Entries shown |
○ ○ ○ ○ ○ ○ ○

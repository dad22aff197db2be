//! The widths of runs.
ghost use Rattle.std.specs.Prelude.{◌≡◌, ◌<◌, ◌^◌};
ghost use Rattle.expression_bits.specs.Runs.{run_width, runs_width};

use crate::runs::BitRun;
use item_parts::name_width;
use module_scope::Scope;

/// How many bits a run has. A name without a net counts as a scalar.
pub fn run_width(scope: &Scope, run: &BitRun) -> u64
    ensures { result ≡ run_width scope.now run.now }
{
    match run {
        BitRun::Net(name, select) => name_width(scope, name.as_slice(), *select),
        BitRun::Literal(bits) => bits.as_slice().len() as u64,
    }
}

/// How many bits runs have.
pub fn runs_width(scope: &Scope, runs: &[BitRun]) -> u128
    ensures { result ≡ runs_width scope.now runs.now }
{
    let mut width: u128 = 0;
    for run in runs {
        width += u128::from(run_width(scope, run));
    }
    width
}
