// The item that C asks for by the number of a kind.
ghost use Rattle.std.specs.Prelude.{◌≡◌};
ghost use Rattle.records.specs.AsNumbers.{told_span};
ghost use Rattle.records.specs.Answered.{told_user, told_reason_item};
ghost use Rattle.c_arguments.specs.Kind.{user_of, reason_given};

use kinds::{Kind, kind_of, row_of};
use records::span::Span;

// The n-th user property of a kind's block; 21 for a kind without properties.
pub fn user_item(stream: &[u8], kind: u8, p: Span, n: usize) -> Option<(Span, Span)>
    ensures { told_user result ≡ user_of kind stream.now (told_span p) n }
{
    let row = row_of(kind)?;
    items::user_property(row, stream, p, n)
}

// The n-th reason of a SubAck or UnsubAck; 21 for another kind.
pub fn reason_item(stream: &[u8], kind: u8, p: Span, n: usize) -> Option<u8>
    ensures { told_reason_item result ≡ reason_given kind stream.now (told_span p) n }
{
    match kind_of(kind) {
        Kind::Reply(k) => entry_runs::reason(k, stream, p, n),
        _ => None,
    }
}
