// What the numbers that C hands over stand for: flags, limits, kinds, and ends. bindings/c/ecchjulmina.h has the words.
#![tactic(auto)]

pub mod kind;
pub mod number;
pub mod up_to;
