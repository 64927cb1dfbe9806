// SubAck and UnsubAck, after suback.rs and unsuback.rs: the fields of a frame from an index to the end of the slice, one read for both.
#![tactic(auto)]

ghost use Rattle.std.specs.Prelude.{◌≡◌, ℕ, length, drop};
ghost use Rattle.grammar.specs.Tables.{a_reply, reasons_of};
ghost use Rattle.grammar.specs.Record as record_of;
ghost use Rattle.grammar.specs.Record.{kind_of};
ghost use Rattle.reading.specs.Read.{reason_of, fields_fit};
ghost use Rattle.reading.specs.Place.{as_places, on_got};
ghost use Rattle.positions.specs.Position.{placed_run};
ghost use Rattle.records.specs.AsNumbers.{told_reply_kind};
ghost use Rattle.reply.specs.ReplyRead.{told_got_reasons, told_got_reply};

use numbers::fixed;
use properties::row_block;
use records::error::Error;
use records::reply_record::{Reply, ReplyKind};
use records::span::Span;
use tables::property::OtherRow;
use tables::reason::is_reply_reason;

// One reason of the kind or more, to the end; 13 if there is none, or 15 with the first that the kind does not list.
pub fn read_reasons(kind: ReplyKind, s: &[u8], at: usize) -> Result<Span, Error>
    ensures { told_got_reasons result ≡ placed_run (reason_of (reasons_of (told_reply_kind kind))) (length s.now) (drop at s.now) }
{
    if s.len() <= at {
        return Err(Error::EmptySubscription);
    }
    for i in at..s.len() {
        let reason = s[i];
        if !is_reply_reason(kind, reason) {
            return Err(Error::InvalidReason(reason));
        }
    }
    let len = s.len() - at;
    Ok(Span { start: at, len })
}

// The SubAck or UnsubAck in the fields from index `at` to the end of the frame, or the first refusal from the left.
pub fn read(kind: ReplyKind, s: &[u8], at: usize) -> Result<Reply, Error>
    ensures { (x : ℕ) → kind_of x ≡ told_reply_kind kind → on_got (record_of.reply (told_reply_kind kind)) (told_got_reply result)
        ≡ fields_fit as_places (a_reply (reasons_of (told_reply_kind kind))) x (length s.now) (drop at s.now) }
{
    let (pkid, next) = fixed::read_u16(s, at)?;
    let (properties, start) = row_block::read_block(OtherRow::Ack, s, next)?;
    let reasons = read_reasons(kind, s, start)?;
    Ok(Reply {
        pkid,
        reasons,
        properties,
    })
}
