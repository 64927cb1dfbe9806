// What the numbers of C stand for: flags, limits and values that may be absent.
ghost use Rattle.std.specs.Prelude.{◌≡◌};
ghost use Rattle.records.specs.AsNumbers.{limit_of};
ghost use Rattle.c_arguments.specs.Given.{is_on, limit_given, given};

// A flag: false if it is 0.
pub fn is_on(n: u8) -> bool
    ensures { result ≡ is_on n }
{
    n != 0
}

// The value, if the flag says that it is present.
pub fn given<T: Copy>(on: u8, value: T) -> Option<T>
    ensures { result ≡ given on value }
{
    is_on(on).then_some(value)
}

// The limit, if the flag says that there is one.
pub fn bound(limited: u8, limit: usize) -> Option<usize>
    ensures { limit_of result ≡ limit_given limited limit }
{
    given(limited, limit)
}
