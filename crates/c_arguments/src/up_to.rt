// The property, filter or topic at an index, in a block or run that ends where C says: what stands behind the end is not read. An end that
// lies outside the stream is 21. bindings/c/ecchjulmina.h has the words.
ghost use Rattle.std.specs.Prelude.{◌≡◌, ◌≤◌, ◌<◌, length, take, MatchResult};
ghost use Rattle.records.specs.declared.error.Error.TheVariants.{NoItem};
ghost use Rattle.grammar.specs.Tables.{row_of_kind};
ghost use Rattle.property_value.specs.OneProperty.{told_property, OfForm};
ghost use Rattle.filters.specs.FilterRead.{told_got_filter};
ghost use Rattle.wire.specs.StringRead.{told_part};
ghost use Rattle.c_arguments.specs.Kind.{PropertyGiven, form_in};
ghost use Rattle.c_arguments.specs.UpTo.{property_up_to, filter_up_to, topic_up_to};

use filters::read_filter;
use kinds::row_of;
use property_value::{Value, read_property};
use records::error::Error;
use records::span::Span;
use records::subscribe_record::Filter;
use wire::string::read_mqtt_string;

// The bytes before the end; 21 for an end beyond the stream.
fn before(stream: &[u8], end: usize) -> Result<&[u8], Error>
    ensures { MatchResult result (λ b. (b.now ≡ take end stream.now) × (end ≤ length stream.now)) (λ e. (e ≡ NoItem) × (length stream.now < end)) }
{
    stream.get(..end).ok_or(Error::NoItem)
}

// In the row of a kind that has one.
fn property_at(stream: &[u8], kind: u8, at: usize) -> Result<(u8, Value, usize), Error>
    ensures { PropertyGiven kind stream.now at result }
{
    let row = row_of(kind).ok_or(Error::NoItem)?;
    read_property(row, stream, at)
}

// The property at an index of the bytes before the end, in the row of a kind; 21 for a kind without properties and an end beyond the stream.
pub fn property_up_to(
    stream: &[u8],
    kind: u8,
    at: usize,
    end: usize,
) -> Result<(u8, Value, usize), Error>
    ensures says { told_property result ≡ property_up_to kind stream.now at end }
    ensures typed { OfForm (form_in (row_of_kind kind)) result }
{
    let block = before(stream, end)?;
    property_at(block, kind, at)
}

// The same of a filter.
pub fn filter_up_to(stream: &[u8], at: usize, end: usize) -> Result<(Filter, usize), Error>
    ensures { told_got_filter result ≡ filter_up_to stream.now at end }
{
    let filters = before(stream, end)?;
    read_filter(filters, at)
}

// The same of a topic.
pub fn topic_up_to(stream: &[u8], at: usize, end: usize) -> Result<(Span, usize), Error>
    ensures { told_part result ≡ topic_up_to stream.now at end }
{
    let topics = before(stream, end)?;
    read_mqtt_string(topics, at)
}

○ ○ ○ ○ ○ ○ ○

Task to complete | In full and verbatim, transcribe the data.

Answer box |
repository dad22aff197db2be
//! The widths of runs.
ghost use Rattle.std.specs.Prelude.{◌≡◌, ◌<◌, ◌^◌};
ghost use Rattle.expression_bits.specs.Runs.{run_width, runs_width};

use crate::runs::BitRun;
use item_parts::name_width;
use module_scope::Scope;

/// How many bits a run has. A name without a net counts as a scalar.
pub fn run_width(scope: &Scope, run: &BitRun) -> u64
    ensures { result ≡ run_width scope.now run.now }
{
    match run {
        BitRun::Net(name, select) => name_width(scope, name.as_slice(), *select),
        BitRun::Literal(bits) => bits.as_slice().len() as u64,
    }
}

/// How many bits runs have.
pub fn runs_width(scope: &Scope, runs: &[BitRun]) -> u128
    ensures { result ≡ runs_width scope.now runs.now }
{
    let mut width: u128 = 0;
    for run in runs {
        width += u128::from(run_width(scope, run));
    }
    width
}
// The item that C asks for by the number of a kind.
ghost use Rattle.std.specs.Prelude.{◌≡◌};
ghost use Rattle.records.specs.AsNumbers.{told_span};
ghost use Rattle.records.specs.Answered.{told_user, told_reason_item};
ghost use Rattle.c_arguments.specs.Kind.{user_of, reason_given};

use kinds::{Kind, kind_of, row_of};
use records::span::Span;

// The n-th user property of a kind's block; 21 for a kind without properties.
pub fn user_item(stream: &[u8], kind: u8, p: Span, n: usize) -> Option<(Span, Span)>
    ensures { told_user result ≡ user_of kind stream.now (told_span p) n }
{
    let row = row_of(kind)?;
    items::user_property(row, stream, p, n)
}

// The n-th reason of a SubAck or UnsubAck; 21 for another kind.
pub fn reason_item(stream: &[u8], kind: u8, p: Span, n: usize) -> Option<u8>
    ensures { told_reason_item result ≡ reason_given kind stream.now (told_span p) n }
{
    match kind_of(kind) {
        Kind::Reply(k) => entry_runs::reason(k, stream, p, n),
        _ => None,
    }
}
// What the numbers that C hands over stand for: flags, limits, kinds, and ends. bindings/c/ecchjulmina.h has the words.
#![tactic(auto)]

pub mod kind;
pub mod number;
pub mod up_to;
repository 64927cb1dfbe9806
// SubAck and UnsubAck, after suback.rs and unsuback.rs: the fields of a frame from an index to the end of the slice, one read for both.
#![tactic(auto)]

ghost use Rattle.std.specs.Prelude.{◌≡◌, ℕ, length, drop};
ghost use Rattle.grammar.specs.Tables.{a_reply, reasons_of};
ghost use Rattle.grammar.specs.Record as record_of;
ghost use Rattle.grammar.specs.Record.{kind_of};
ghost use Rattle.reading.specs.Read.{reason_of, fields_fit};
ghost use Rattle.reading.specs.Place.{as_places, on_got};
ghost use Rattle.positions.specs.Position.{placed_run};
ghost use Rattle.records.specs.AsNumbers.{told_reply_kind};
ghost use Rattle.reply.specs.ReplyRead.{told_got_reasons, told_got_reply};

use numbers::fixed;
use properties::row_block;
use records::error::Error;
use records::reply_record::{Reply, ReplyKind};
use records::span::Span;
use tables::property::OtherRow;
use tables::reason::is_reply_reason;

// One reason of the kind or more, to the end; 13 if there is none, or 15 with the first that the kind does not list.
pub fn read_reasons(kind: ReplyKind, s: &[u8], at: usize) -> Result<Span, Error>
    ensures { told_got_reasons result ≡ placed_run (reason_of (reasons_of (told_reply_kind kind))) (length s.now) (drop at s.now) }
{
    if s.len() <= at {
        return Err(Error::EmptySubscription);
    }
    for i in at..s.len() {
        let reason = s[i];
        if !is_reply_reason(kind, reason) {
            return Err(Error::InvalidReason(reason));
        }
    }
    let len = s.len() - at;
    Ok(Span { start: at, len })
}

// The SubAck or UnsubAck in the fields from index `at` to the end of the frame, or the first refusal from the left.
pub fn read(kind: ReplyKind, s: &[u8], at: usize) -> Result<Reply, Error>
    ensures { (x : ℕ) → kind_of x ≡ told_reply_kind kind → on_got (record_of.reply (told_reply_kind kind)) (told_got_reply result)
        ≡ fields_fit as_places (a_reply (reasons_of (told_reply_kind kind))) x (length s.now) (drop at s.now) }
{
    let (pkid, next) = fixed::read_u16(s, at)?;
    let (properties, start) = row_block::read_block(OtherRow::Ack, s, next)?;
    let reasons = read_reasons(kind, s, start)?;
    Ok(Reply {
        pkid,
        reasons,
        properties,
    })
}
repository 64927cb1dfbe9806
// What the numbers of C stand for: flags, limits and values that may be absent.
ghost use Rattle.std.specs.Prelude.{◌≡◌};
ghost use Rattle.records.specs.AsNumbers.{limit_of};
ghost use Rattle.c_arguments.specs.Given.{is_on, limit_given, given};

// A flag: false if it is 0.
pub fn is_on(n: u8) -> bool
    ensures { result ≡ is_on n }
{
    n != 0
}

// The value, if the flag says that it is present.
pub fn given<T: Copy>(on: u8, value: T) -> Option<T>
    ensures { result ≡ given on value }
{
    is_on(on).then_some(value)
}

// The limit, if the flag says that there is one.
pub fn bound(limited: u8, limit: usize) -> Option<usize>
    ensures { limit_of result ≡ limit_given limited limit }
{
    given(limited, limit)
}
filename crates/c_arguments/src/up_to.rt
// The property, filter or topic at an index, in a block or run that ends where C says: what stands behind the end is not read. An end that
// lies outside the stream is 21. bindings/c/ecchjulmina.h has the words.
ghost use Rattle.std.specs.Prelude.{◌≡◌, ◌≤◌, ◌<◌, length, take, MatchResult};
ghost use Rattle.records.specs.declared.error.Error.TheVariants.{NoItem};
ghost use Rattle.grammar.specs.Tables.{row_of_kind};
ghost use Rattle.property_value.specs.OneProperty.{told_property, OfForm};
ghost use Rattle.filters.specs.FilterRead.{told_got_filter};
ghost use Rattle.wire.specs.StringRead.{told_part};
ghost use Rattle.c_arguments.specs.Kind.{PropertyGiven, form_in};
ghost use Rattle.c_arguments.specs.UpTo.{property_up_to, filter_up_to, topic_up_to};

use filters::read_filter;
use kinds::row_of;
use property_value::{Value, read_property};
use records::error::Error;
use records::span::Span;
use records::subscribe_record::Filter;
use wire::string::read_mqtt_string;

// The bytes before the end; 21 for an end beyond the stream.
fn before(stream: &[u8], end: usize) -> Result<&[u8], Error>
    ensures { MatchResult result (λ b. (b.now ≡ take end stream.now) × (end ≤ length stream.now)) (λ e. (e ≡ NoItem) × (length stream.now < end)) }
{
    stream.get(..end).ok_or(Error::NoItem)
}

// In the row of a kind that has one.
fn property_at(stream: &[u8], kind: u8, at: usize) -> Result<(u8, Value, usize), Error>
    ensures { PropertyGiven kind stream.now at result }
{
    let row = row_of(kind).ok_or(Error::NoItem)?;
    read_property(row, stream, at)
}

// The property at an index of the bytes before the end, in the row of a kind; 21 for a kind without properties and an end beyond the stream.
pub fn property_up_to(
    stream: &[u8],
    kind: u8,
    at: usize,
    end: usize,
) -> Result<(u8, Value, usize), Error>
    ensures says { told_property result ≡ property_up_to kind stream.now at end }
    ensures typed { OfForm (form_in (row_of_kind kind)) result }
{
    let block = before(stream, end)?;
    property_at(block, kind, at)
}

// The same of a filter.
pub fn filter_up_to(stream: &[u8], at: usize, end: usize) -> Result<(Filter, usize), Error>
    ensures { told_got_filter result ≡ filter_up_to stream.now at end }
{
    let filters = before(stream, end)?;
    read_filter(filters, at)
}

// The same of a topic.
pub fn topic_up_to(stream: &[u8], at: usize, end: usize) -> Result<(Span, usize), Error>
    ensures { told_part result ≡ topic_up_to stream.now at end }
{
    let topics = before(stream, end)?;
    read_mqtt_string(topics, at)
}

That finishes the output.